„Wir haben ein Wissen über den Klang, das es vorher nicht gab“, erklärt die Komponistin Kaija Saariaho auf die Frage, wie man Wahrnehmungen heutzutage in Musik übertragen könne. „Wir können ihn [den Klang] von innen her kennenlernen. Das lässt sich mit der Biologie vergleichen, die im Dunkeln tappte, bis endlich das Mikroskop erfunden wurde.“ Klang und Raum können heute in ein neues Verhältnis gerückt werden, behauptet Saariaho, der digitalen Technik sei Dank. Ob das auch zu einer neuen Ästhetik führt? Wer weiß.

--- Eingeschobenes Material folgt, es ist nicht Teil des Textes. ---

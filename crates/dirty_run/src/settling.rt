//! A whole run on a board with marks: looks at the marks, and rounds until none is set.

ghost use Rattle.std.specs.Prelude.{◌≡◌, ℕ, ◌+◌, ◌*◌, ◌<◌, ◌≤◌, List, length, IfErr, IfOk};
ghost use Rattle.std.specs.List.{Contains};
ghost use Rattle.xt_model.specs.declared.direction.Direction.TheVariants.{Narrow};
ghost use Rattle.xt_model.specs.Limits.{most_workers};
ghost use Rattle.xt_model.specs.Build.{IsRoundBound};
ghost use Rattle.xt_model.specs.Assign.{assigned};
ghost use Rattle.xt_meaning.specs.Laws.{IsExtremeFixpoint};
ghost use Rattle.xt_meaning.specs.Words.{numbers_of};
ghost use Rattle.run_laws.specs.Transitions.{Transition, AreConsistent};
ghost use Rattle.run_laws.specs.Laws.{LieWithin};
ghost use Rattle.net_eval.specs.ReadLists.{AreReadLists};
ghost use Rattle.chaos_core.specs.Memories.{AreKept};
ghost use Rattle.chaos_core.specs.Rounds.{AreClosed};
ghost use Rattle.dirty_words.specs.Readers.{AreReaders};
ghost use Rattle.dirty_words.specs.Boards.{IsAlone, IsFree, IsOf};
ghost use Rattle.dirty_run.specs.Visits.{IsRun};
ghost use Rattle.dirty_run.specs.Rounds.{AreIdle, AreMarkedTurns, IsRoomFor, workers_in};

use crate::look::look;
use crate::round::round;
use crate::worker::{DirtyRoom, Run, Workers};
use chaos_core::{Gate, Settled, set_pairs};
use dirty_words::{DirtyBoard, DirtyPass, Readers};
use net_eval::ReadLists;
use std::alloc::Global;
use std::thread::Threads;
use xt_model::{Design, Direction, NoMemory};

/// Looks at all marks, and makes rounds until none is set. Gives how many rounds were made. Takes no memory.
fn run_rounds<R: Threads + Sync, G: Gate>(
    rt: &R,
    run: &Run<'_, G>,
    workers: &mut Workers,
    first: &mut DirtyPass,
) -> u64
    requires run { IsRun run.now.board.now run.now.design.now run.now.groups.now
        run.now.lists.now run.now.readers.now run.now.direction }
    requires own { IsOf run.now.board.now first.old }
    requires alone { IsAlone first.old.view }
    requires free { IsFree first.old.view }
    requires idle { AreIdle run.now.design.now run.now.lists.now workers.old }
    requires some { 0 < length workers.old.idle.items }
    requires few { length workers.old.idle.items ≤ most_workers }
    ensures own { IsOf run.now.board.now first.new }
    ensures alone { IsAlone first.new.view }
    ensures free { IsFree first.new.view }
    ensures clear { (net : ℕ) → net < length run.now.design.now.nets → Contains first.new.view.clear net }
    ensures kept { AreKept run.now.board.now.run.setting first.new.view.base.seen }
    ensures closed { AreClosed run.now.design.now first.new.view.base.seen }
    ensures split { 0 < result → first.new.view.base.split ≡ length workers.old.idle.items }
    ensures few { (bound : ℕ) → IsRoundBound run.now.design.now.nets bound → result ≤ bound + 1 }
    ensures made { first.new.view.base.made
        ≤ first.old.view.base.made + 8 * length run.now.design.now.nets * result }
    ensures turns { AreMarkedTurns run.now.board.now.run.setting result
        first.old.view.base.seen first.new.view.base.seen }
{
    let nets = run.design.nets().len() as u32;
    let bound = run.design.bound();
    let mut any = look(run.board, first, nets);
    let mut rounds: u64 = 0;
    'rounds: while any {
        prove!(rounds <= bound);
        rounds += 1;
        round(rt, run, workers, first, rounds);
        any = look(run.board, first, nets);
    }
    rounds
}

/// A run as by [`settle_dirty`], in a room that is there already: it takes no memory.
pub fn settle_dirty_in<R: Threads + Sync, G: Gate>(
    rt: &R,
    room: DirtyRoom,
    board: &DirtyBoard,
    first: &mut DirtyPass,
    design: &Design,
    lists: &ReadLists,
    readers: &Readers,
    direction: Direction,
    gate: &G,
) -> Settled
    requires room { IsRoomFor design.now lists.now room }
    requires own { IsOf board.now first.old }
    requires alone { IsAlone first.old.view }
    requires free { IsFree first.old.view }
    requires design { board.now.run.setting.design ≡ design.now }
    requires direction { board.now.run.setting.way ≡ direction }
    requires lists { AreReadLists design.now lists.now }
    requires readers { AreReaders lists.now readers.now }
    requires some { 1 ≤ workers_in room }
    requires few { workers_in room ≤ most_workers }
    ensures own { IsOf board.now first.new }
    ensures alone { IsAlone first.new.view }
    ensures free { IsFree first.new.view }
    ensures clear { (net : ℕ) → net < length design.now.nets → Contains first.new.view.clear net }
    ensures extreme { IsExtremeFixpoint direction design.now result.windows }
    ensures seen { first.new.view.base.seen ≡ numbers_of result.windows }
    ensures split { 0 < result.rounds → first.new.view.base.split ≡ workers_in room }
    ensures few { (bound : ℕ) → IsRoundBound design.now.nets bound → result.rounds ≤ bound + 1 }
    ensures made { first.new.view.base.made
        ≤ first.old.view.base.made + 8 * length design.now.nets * result.rounds }
    ensures turns { AreMarkedTurns board.now.run.setting result.rounds
        first.old.view.base.seen (numbers_of result.windows) }
    ensures consistent { direction ≡ Narrow → (xs : List Transition) → AreConsistent design.now xs
        → LieWithin (assigned result.windows) xs }
{
    // The read lists with which the board was opened are those of its design, and a design has one read list a net.
    board.has_read_lists();
    let DirtyRoom {
        groups,
        workers,
        windows,
        words,
    } = room;
    let mut workers = workers;
    let mut windows = windows;
    let mut words = words;
    let groups = groups.as_slice();
    let run = Run {
        board,
        design,
        groups,
        lists,
        readers,
        direction,
        gate,
    };
    let rounds = run_rounds(rt, &run, &mut workers, first);
    board.load_words(first, &mut words);
    set_pairs(&mut windows, words.as_slice());
    Settled { windows, rounds }
}

/// Looks at the marks of a board by its first pass, and while one is set makes a round of this many workers in threads
/// of their own: a net that is drawn is taken, and where its mark was set, it is evaluated and published, and where a
/// word moved, its readers are marked. Where no mark is left, every net is known to be clear, and the windows that then
/// are in the words are the least fixpoint in widening and the greatest in narrowing, whatever the workers do when; and
/// in narrowing all transitions that explain one another lie within them. The run makes at most one round more than the
/// design's bound, since marks may be left where the words are closed: each round but the last began at words that were
/// not closed. None publishes more than the words of all nets once a round. All memory is taken before the first look:
/// where there is none, nothing was done. The read lists are the design's, and the readers are theirs.
pub fn settle_dirty<R: Threads + Sync, G: Gate>(
    rt: &R,
    alloc: Global,
    board: &DirtyBoard,
    first: &mut DirtyPass,
    design: &Design,
    lists: &ReadLists,
    readers: &Readers,
    direction: Direction,
    workers: u32,
    gate: &G,
) -> Result<Settled, NoMemory>
    requires own { IsOf board.now first.old }
    requires alone { IsAlone first.old.view }
    requires free { IsFree first.old.view }
    requires design { board.now.run.setting.design ≡ design.now }
    requires direction { board.now.run.setting.way ≡ direction }
    requires lists { AreReadLists design.now lists.now }
    requires readers { AreReaders lists.now readers.now }
    requires some { 1 ≤ workers }
    requires few { workers ≤ most_workers }
    ensures own { IsOf board.now first.new }
    ensures alone { IsAlone first.new.view }
    ensures free { IsFree first.new.view }
    ensures clear { IfOk result (λ _. (net : ℕ) → net < length design.now.nets → Contains first.new.view.clear net) }
    ensures extreme { IfOk result (λ settled. IsExtremeFixpoint direction design.now settled.windows) }
    ensures seen { IfOk result (λ settled. first.new.view.base.seen ≡ numbers_of settled.windows) }
    ensures split { IfOk result (λ settled. 0 < settled.rounds → first.new.view.base.split ≡ workers) }
    ensures few { IfOk result (λ settled. (bound : ℕ) → IsRoundBound design.now.nets bound
        → settled.rounds ≤ bound + 1) }
    ensures made { IfOk result (λ settled. first.new.view.base.made
        ≤ first.old.view.base.made + 8 * length design.now.nets * settled.rounds) }
    ensures turns { IfOk result (λ settled. AreMarkedTurns board.now.run.setting settled.rounds
        first.old.view.base.seen (numbers_of settled.windows)) }
    ensures consistent { direction ≡ Narrow → IfOk result (λ settled. (xs : List Transition)
        → AreConsistent design.now xs → LieWithin (assigned settled.windows) xs) }
    ensures untouched { IfErr result (λ _. first.new ≡ first.old) }
{
    let room = DirtyRoom::new(alloc, design, lists, workers)?;
    Ok(settle_dirty_in(
        rt, room, board, first, design, lists, readers, direction, gate,
    ))
}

Der Vergleich mit dem Mikroskop taugt auch für das von Stephan Mösch herausgegebene Handbuch: „Komponieren für die Stimme. Von Monteverdi bis Rihm“. Vorher gab es für Musiker und Laien allenfalls einzelne Studien, nicht aber ein Buch, das unter systematischen und historischen Gesichtspunkten danach fragt, wie Komponisten das Medium Stimme in ihren Werken eingesetzt haben. So haben wir hier ein lange erwünschtes Hilfsmittel, ein Buch, das selbst als Mikroskop dienen kann. Schon im Einleitungskapitel wird deutlich, wohin die Reise auf knapp 400 Seiten führt: in Richtung eines eng verzahnten Miteinanders von Mikro- und Makroebene. Mösch erklärt, wo und wie sich das Komponieren für Stimme als Lern- und Entwicklungsprozess oder sogar als „Kompositionskritik“ verstehen lässt. Verdi beispielsweise greift in seinem „Rigoletto“ auf Rossinis „Semiramide“ zurück. „Bei der Wahnsinnsszene des Assur hat Verdi [...] besonders genau zugehört [...]: Assur – gerade noch stolz und rachedurstig – wird von einer Schreckensvision überwältigt. Er bricht zusammen und fleht mit einer stockenden, kurzatmigen f-Moll-Kantilene um Seelenfrieden. Die antithetische Zuspitzung findet sich bei Verdi wieder.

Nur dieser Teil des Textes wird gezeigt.